• FOMC議事要旨、米自動車販売好調、アメリカン・エクイティ身売り
  • サブプライム自動車ローンABSで損失発生も、英経済にリスク
Jerome Powell, chairman of the US Federal Reserve, during a news conference following a Federal Open Market Committee (FOMC) meeting in Washington, DC, US, on Wednesday, June 14, 2023. Photographer: Sarah Silbiger/Bloomberg

6月の会合で政策金利を据え置いた米連邦公開市場委員会(FOMC)。ただドット・プロット(金利予測分布図)ではタカ派的な予想が示されていました。きょう5日公表された同会合の議事要旨では一部参加者が利上げを支持していたことが明らかになり、6月の利上げ見送りが「タカ派的な一時停止」だったことが確認できたと言えそうです。以下は一日を始めるにあたって押さえておきたい5本のニュース。

見解に相違

FOMCが6月13、14両日に開いた会合では、全会一致という表向きの決定が示唆するほど参加者の見解はそろっていなかった。一部は利上げを支持しつつも最終的に金融政策維持の判断に賛同したことが、議事要旨で明らかになった。

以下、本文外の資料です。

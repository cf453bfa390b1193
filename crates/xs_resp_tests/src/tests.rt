//! Replies that are written in pieces.
use std::alloc::{AllocError, Global};
use std::test::Fail;
use xs_bytes::Bytes;
use xs_resp::{Encoder, Replies, Reply, Simple, Tokens};

/// A string of `length` bytes, no two neighbours of which are equal.
fn string(alloc: Global, length: usize) -> Result<Vec<u8>, AllocError> {
    let mut bytes = Vec::with_capacity(alloc, length)?;
    for index in 0..length {
        bytes.push((index % 251) as u8)?;
    }
    Ok(bytes)
}

/// An array of this string, five times.
#[tactic(auto, unfolding(xs_resp::specs::Whole::AreItems))]
fn five(alloc: Global, bytes: &[u8]) -> Result<Reply, AllocError> {
    let mut tokens = Tokens::new(alloc);
    tokens.push_bulk(bytes)?;
    tokens.push_bulk(bytes)?;
    tokens.push_bulk(bytes)?;
    tokens.push_bulk(bytes)?;
    tokens.push_bulk(bytes)?;
    Ok(Reply::Array(Replies::new(5, tokens)))
}

/// Its text.
fn text_of_five(alloc: Global, bytes: &[u8]) -> Result<Vec<u8>, AllocError> {
    let mut text = Vec::from_slice(alloc, b"*5\r\n")?;
    for _ in 0..5 {
        text.extend_from_slice(format!(in alloc; "${}\r\n", bytes.len())?.as_bytes())?;
        text.extend_from_slice(bytes)?;
        text.extend_from_slice(b"\r\n")?;
    }
    Ok(text)
}

/// Takes all pieces that are left. Returns the bytes, and the number of pieces.
fn pieces(alloc: Global, encoder: &mut Encoder) -> Result<(Vec<u8>, usize), AllocError> {
    let mut bytes = Vec::new(alloc);
    for count in 0..1_000 {
        if encoder.piece().is_empty() {
            return Ok((bytes, count));
        }
        bytes.extend_from_slice(encoder.piece())?;
        encoder.advance();
    }
    Ok((bytes, 1_000))
}

#[test]
fn writes_strings_at_each_border(rt: HostRuntime) -> Result<(), Fail> {
    let alloc = rt.alloc();
    let mut encoder = Encoder::new(alloc)?;
    // Five strings just fit into the buffer, or a string is just short enough to be copied.
    for (from, to) in [(0, 4), (13_050, 13_100), (32_760, 32_775)] {
        for length in from..to {
            let bytes = string(alloc, length)?;
            encoder.clear();
            encoder.begin(five(alloc, bytes.as_slice())?);
            let (written, _) = pieces(alloc, &mut encoder)?;
            let wanted = text_of_five(alloc, bytes.as_slice())?;
            assert!(rt; written == wanted, "strings of {length} bytes");
        }
    }
    Ok(())
}

#[test]
fn gathers_short_tokens_and_lends_long_strings(rt: HostRuntime) -> Result<(), Fail> {
    let alloc = rt.alloc();
    let mut encoder = Encoder::new(alloc)?;
    // A lent string makes two pieces: the one in front of it, and itself.
    for (length, wanted) in [
        (0, 1),
        (13_000, 1),
        (14_000, 2),
        (32_769, 11),
        (100_000, 11),
    ] {
        let bytes = string(alloc, length)?;
        encoder.clear();
        encoder.begin(five(alloc, bytes.as_slice())?);
        let (_, count) = pieces(alloc, &mut encoder)?;
        assert_eq!(rt; count, wanted, "strings of {length} bytes");
    }
    Ok(())
}

#[test]
fn gathers_replies_in_one_piece(rt: HostRuntime) -> Result<(), Fail> {
    let alloc = rt.alloc();
    let mut encoder = Encoder::new(alloc)?;
    encoder.begin(Reply::Simple(Simple::Okay));
    assert!(rt; encoder.is_gathered());
    encoder.begin(Reply::Simple(Simple::Pong));
    assert!(rt; encoder.is_gathered());
    let long = string(alloc, 32_769)?;
    encoder.begin(Reply::Bulk(Bytes::from_slice(alloc, long.as_slice())?));
    assert!(rt; !encoder.is_gathered());
    assert_eq!(rt; encoder.piece(), b"+OK\r\n+PONG\r\n$32769\r\n".as_slice());
    encoder.advance();
    assert_eq!(rt; encoder.piece(), long.as_slice());
    assert!(rt; !encoder.is_gathered());
    encoder.advance();
    assert!(rt; encoder.is_gathered());
    assert_eq!(rt; encoder.piece(), b"\r\n".as_slice());
    Ok(())
}

#[test]
fn lends_the_text_of_a_long_error(rt: HostRuntime) -> Result<(), Fail> {
    let alloc = rt.alloc();
    let mut encoder = Encoder::new(alloc)?;
    encoder.begin(Reply::Simple(Simple::Reset));
    assert!(rt; encoder.is_gathered());
    let long = string(alloc, 32_769)?;
    encoder.begin(Reply::ErrorText(Bytes::from_slice(alloc, long.as_slice())?));
    assert_eq!(rt; encoder.piece(), b"+RESET\r\n-".as_slice());
    encoder.advance();
    assert_eq!(rt; encoder.piece(), long.as_slice());
    encoder.advance();
    assert_eq!(rt; encoder.piece(), b"\r\n".as_slice());
    encoder.advance();
    assert!(rt; encoder.is_gathered());
    encoder.begin(Reply::ErrorText(Bytes::from_slice(alloc, b"ERR no")?));
    assert_eq!(rt; encoder.piece(), b"-ERR no\r\n".as_slice());
    Ok(())
}
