//! Callers that exist for the prover. Their clauses are proved from the clauses of the public calls
//! alone. They state in plain data what lines of three commands mean, what can complete a word, what
//! the help shows, and which names cannot be declared.
ghost use Rattle.std.specs.Prelude.{◌≡◌, ◌∷◌, ◌++◌, [], ℕ, IfOk, List, MatchOption, None, codes};
ghost use Rattle.std.specs.Prelude.{string_bytes, true};
ghost use Rattle.lexopt_options_spec.specs.Asking.{first_asked};
ghost use Rattle.lexopt_options_spec.specs.Rest.{HaveNoRest, IsSplit, MeansBefore, surplus};
ghost use Rattle.lexopt_options_spec.specs.Legal as legal;
ghost use Rattle.lexopt_options.specs.Declarations.{declaration_of, options_of};
ghost use Rattle.lexopt_commands.specs.declared.command.Reason.TheVariants as reason;
ghost use Rattle.test_command_callers.specs.declared.commands.Task.TheVariants as task;
ghost use Rattle.test_command_callers.specs.Tasks.{AreOffered, IsAsking, IsMissing, IsTask, IsTaskAsked};
ghost use Rattle.test_command_callers.specs.Tasks.{IsTaskHelp, IsUnknown, IsWritten, begun, task_lines};
ghost use Rattle.std.specs.List.{flat_map};

use lexopt_commands::{Command, CommandLine, Commands, Reason, Runs, Step};
use lexopt_options::{Detail, Options, OsString, Request};
use std::alloc::{AllocError, Global};
use std::convert::Infallible;

/// What the commands do.
#[derive(Clone, Copy)]
pub enum Task {
    /// `add`.
    Add,
    /// `remote`.
    Remote,
}

static TASKS: [Command<'static, Task>; 3] = [
    Command {
        name: "add",
        help: "add files",
        runs: Runs::Command(Task::Add),
    },
    Command {
        name: "remote",
        help: "add or remove a remote",
        runs: Runs::Command(Task::Remote),
    },
    Command {
        name: "help",
        help: "print the help of a command",
        runs: Runs::Help,
    },
];

/// Reads a line of these commands under any general options.
pub fn read_tasks<'a, F: Copy, V: Copy, M: Copy, S: Copy>(
    alloc: Global,
    options: Options<'a, F, V, Infallible, M, S>,
    words: Vec<OsString>,
) -> Result<CommandLine<'a, Task, F, V, M, S>, AllocError>
    ensures command { (l : List legal.Parsed) (rest : List (List ℕ))
        → first_asked (declaration_of options.entry).options l ≡ None
        → MeansBefore surplus (declaration_of options.entry) words.items l (codes "remote" ∷ rest)
        → IfOk result (λ line. IsTask (options_of options.entry) l (codes "remote")
        task.Remote rest line) }
    ensures help_of_a_command { (l : List legal.Parsed)
        → first_asked (declaration_of options.entry).options l ≡ None
        → MeansBefore surplus (declaration_of options.entry) words.items l
        (codes "help" ∷ codes "remote" ∷ codes "add" ∷ [])
        → IfOk result (λ line. IsTask (options_of options.entry) l (codes "remote") task.Remote
        (codes "add" ∷ codes "--help" ∷ []) line) }
    ensures help_before_a_dash { (l : List legal.Parsed) (word : List ℕ) (rest : List (List ℕ))
        → first_asked (declaration_of options.entry).options l ≡ None
        → MeansBefore surplus (declaration_of options.entry) words.items l
        (codes "help" ∷ codes "remote" ∷ (codes "-" ++ word) ∷ rest)
        → IfOk result (λ line. IsTask (options_of options.entry) l (codes "remote") task.Remote
        (codes "--help" ∷ (codes "-" ++ word) ∷ rest) line) }
    ensures help_before_a_separator { (l : List legal.Parsed)
        → first_asked (declaration_of options.entry).options l ≡ None
        → MeansBefore surplus (declaration_of options.entry) words.items l
        (codes "help" ∷ codes "remote" ∷ codes "add" ∷ codes "--" ∷ codes "-x" ∷ [])
        → IfOk result (λ line. IsTask (options_of options.entry) l (codes "remote") task.Remote
        (codes "add" ∷ codes "--help" ∷ codes "--" ∷ codes "-x" ∷ []) line) }
    ensures help { (l : List legal.Parsed)
        → first_asked (declaration_of options.entry).options l ≡ None
        → MeansBefore surplus (declaration_of options.entry) words.items l (codes "help" ∷ [])
        → IfOk result (λ line. IsAsking line) }
    ensures missing { (l : List legal.Parsed)
        → first_asked (declaration_of options.entry).options l ≡ None
        → MeansBefore surplus (declaration_of options.entry) words.items l []
        → IfOk result (λ line. IsMissing (options_of options.entry) l line) }
    ensures unknown { (l : List legal.Parsed) (rest : List (List ℕ))
        → first_asked (declaration_of options.entry).options l ≡ None
        → MeansBefore surplus (declaration_of options.entry) words.items l
        ((codes "remot" ++ 0xFF ∷ []) ∷ rest)
        → IfOk result (λ line. IsUnknown (options_of options.entry) l (codes "remot" ++ 0xFF ∷ [])
        (codes "remot" ++ 0xEF ∷ 0xBF ∷ 0xBD ∷ []) rest line) }
{
    Commands::new(options, &TASKS).read(alloc, words)
}

/// What these commands do to complete this typed word after these words, under any general options.
pub fn complete_tasks<'a, F: Copy, V: Copy, M: Copy, S: Copy>(
    alloc: Global,
    options: Options<'a, F, V, Infallible, M, S>,
    words: Vec<OsString>,
    typed: OsString,
) -> Result<Step<'a, Task, F, V, M, S>, AllocError>
    ensures command { (front rest : List (List ℕ))
        → IsSplit surplus (declaration_of options.entry) words.items front (codes "remote") rest
        → IfOk result (λ step. IsTaskAsked task.Remote
        ((declaration_of options.entry).program ++ codes " remote") rest typed step) }
    ensures help_of_a_command { (front rest : List (List ℕ))
        → IsSplit surplus (declaration_of options.entry) words.items front (codes "help")
        (codes "remote" ∷ rest)
        → IfOk result (λ step. IsTaskAsked task.Remote
        ((declaration_of options.entry).program ++ codes " remote") rest typed step) }
    ensures help { (front : List (List ℕ))
        → IsSplit surplus (declaration_of options.entry) words.items front (codes "help") []
        → IfOk result (λ step. IsWritten (flat_map (begun typed) task_lines) step) }
    ensures unknown { (front rest : List (List ℕ))
        → IsSplit surplus (declaration_of options.entry) words.items front (codes "remo") rest
        → IfOk result (λ step. IsWritten [] step) }
    ensures options { HaveNoRest surplus (declaration_of options.entry) words.items
        → IfOk result (λ step. AreOffered options.entry words.items typed step) }
{
    Commands::new(options, &TASKS).answer_request(alloc, Request::Completion(words, typed), 80)
}

/// The help of these commands under any general options.
pub fn help_of_tasks<F, V, M, S>(
    alloc: Global,
    options: Options<'_, F, V, Infallible, M, S>,
    width: usize,
) -> Result<String, AllocError>
    ensures { IfOk result (λ text.
        IsTaskHelp (declaration_of options.entry) width (string_bytes text)) }
{
    Commands::new(options, &TASKS).help(alloc, Detail::Full, width)
}

static BLANK: [Command<'static, Task>; 2] = [
    Command {
        name: "add",
        help: "",
        runs: Runs::Command(Task::Add),
    },
    Command {
        name: "add more",
        help: "",
        runs: Runs::Help,
    },
];

/// Tries to declare a name with a blank in it: returns the name that cannot be declared, and why.
pub fn blank_in_name<'a, F, V, M, S>(
    options: Options<'a, F, V, Infallible, M, S>,
) -> Option<(&'a str, Reason)>
    ensures { MatchOption result ⊥ (λ fault.
        (fault.0.now ≡ codes "add more") × (fault.1 ≡ reason.BlankOrControlInName)) }
{
    match Commands::try_new(options, &BLANK) {
        Ok(_) => None,
        Err(error) => Some((error.name, error.reason)),
    }
}

/// Tries to declare the commands above: returns whether they can be declared.
pub fn can_be_declared<F, V, M, S>(options: Options<'_, F, V, Infallible, M, S>) -> bool
    ensures { result ≡ true }
{
    match Commands::try_new(options, &TASKS) {
        Ok(_) => true,
        Err(_) => false,
    }
}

議事要旨は「ほぼ全ての参加者がフェデラルファンド(FF)金利の誘導目標レンジを5-5.25%に据え置くことが適切、あるいは容認できると判断した」とした上で、「一部の参加者は今会合で目標レンジを25ベーシスポイント(bp、1bp=0.01%)引き上げる方が好ましい、ないし、そうした提案を支持できたかもしれないと示唆した」と記した。

販売好調

米ゼネラル・モーターズ(GM)とトヨタ自動車は4-6月(第2四半期)、米国での販売台数が大きく増加した。GMは19%近く増加して69万2000台。リテール販売は15%増えた。トヨタは7.1%増の56万8962台。6月単月では15%伸びた。またステランティスは3日、4-6月の米販売台数が6%増加したと発表した。半導体供給の改善で自動車生産が増えつつある中、金利上昇にもかかわらず消費者の購入意欲が衰えていないことが示唆される。

提案受け入れ

米保険会社アメリカン・エクイティ・インベストメント・ライフ・ホールディングは、カナダの大手投資会社ブルックフィールドの再保険部門が提示した現金・株式交換方式による43億ドル(約6200億円)の買収案を受け入れた。ブルックフィールド・リインシュアランスはアメリカン・エクイティの未保有株を1株当たり55ドルで買い取る。買収額はアメリカン・エクイティ株の6月23日終値を35%上回る水準。その翌営業日となる26日にブルームバーグは、ブルックフィールドがアメリカン・エクイティ買収で合意に近づいていると報じていた。

損失発生も

米自動車ディーラー2社の経営破綻や返済延滞となっている自動車ローンの急増は、これまで平穏だったウォール街の一角に損失をもたらす恐れがある。資産担保証券(ABS)市場がそれだ。今年破綻した中古車ディーラーのU.S.オート・セールスとアメリカン・カー・センター両社が発行した自動車ローンを担保とする債券は、ここ数週間にディストレスに転じつつある。借り手の返済が滞っており、シティグループは3種の異なる資産担保取引のうち、最もリスクが高い部分の一部は投資家への元本返済を履行できない可能性があるとみている。

英経済にリスク

JPモルガン・チェースは英経済について、インフレを鎮圧するためにイングランド銀行(英中央銀行)が7%まで政策金利を引き上げざるを得なくなり、「ハードランディング(強行着陸)」が誘発されるリスクがあると指摘した。リセッション(景気後退)リスクが高まる中、インフレを抑制下に戻すには主要政策金利が現行の5%から2ポイント上昇しなくてはならないことが、複数の指標で示唆されていると同行エコノミストのアラン・モンクス氏は分析。英経済のハードランディングは「ますます可能性が高まっているようだ」と顧客向けリポートに記した。